Where the string "filename" appears in a line of the data, show that line.

★ ★ ★ ★

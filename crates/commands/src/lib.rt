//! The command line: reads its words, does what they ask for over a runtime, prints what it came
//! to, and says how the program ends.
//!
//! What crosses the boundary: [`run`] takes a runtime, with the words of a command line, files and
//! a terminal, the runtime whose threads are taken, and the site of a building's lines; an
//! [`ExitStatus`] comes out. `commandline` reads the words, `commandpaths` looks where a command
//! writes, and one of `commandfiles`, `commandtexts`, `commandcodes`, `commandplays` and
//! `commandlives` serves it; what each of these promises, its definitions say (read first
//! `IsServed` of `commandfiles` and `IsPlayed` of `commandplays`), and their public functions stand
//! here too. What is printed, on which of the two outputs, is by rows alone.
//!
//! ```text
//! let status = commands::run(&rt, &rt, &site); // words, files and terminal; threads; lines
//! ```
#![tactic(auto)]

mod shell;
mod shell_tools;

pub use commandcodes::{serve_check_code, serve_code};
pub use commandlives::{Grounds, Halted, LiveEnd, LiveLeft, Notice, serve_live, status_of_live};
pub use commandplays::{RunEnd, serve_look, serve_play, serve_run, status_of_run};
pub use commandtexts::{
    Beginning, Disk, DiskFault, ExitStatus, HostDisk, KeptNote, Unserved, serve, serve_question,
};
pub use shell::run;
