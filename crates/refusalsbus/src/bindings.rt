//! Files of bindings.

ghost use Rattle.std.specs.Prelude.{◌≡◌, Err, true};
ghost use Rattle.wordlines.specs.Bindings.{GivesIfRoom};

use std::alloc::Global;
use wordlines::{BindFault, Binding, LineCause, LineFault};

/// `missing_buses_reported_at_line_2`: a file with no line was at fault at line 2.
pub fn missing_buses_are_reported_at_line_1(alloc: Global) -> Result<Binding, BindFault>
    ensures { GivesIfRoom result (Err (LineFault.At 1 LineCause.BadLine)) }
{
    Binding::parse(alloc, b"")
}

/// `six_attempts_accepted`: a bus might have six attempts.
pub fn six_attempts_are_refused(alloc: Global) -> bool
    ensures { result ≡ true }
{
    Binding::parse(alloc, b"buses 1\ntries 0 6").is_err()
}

★ ★ ★ ★

**TASK RESPONSE**.
filename crates/commands/src/lib.rt
filename crates/refusalsbus/src/bindings.rt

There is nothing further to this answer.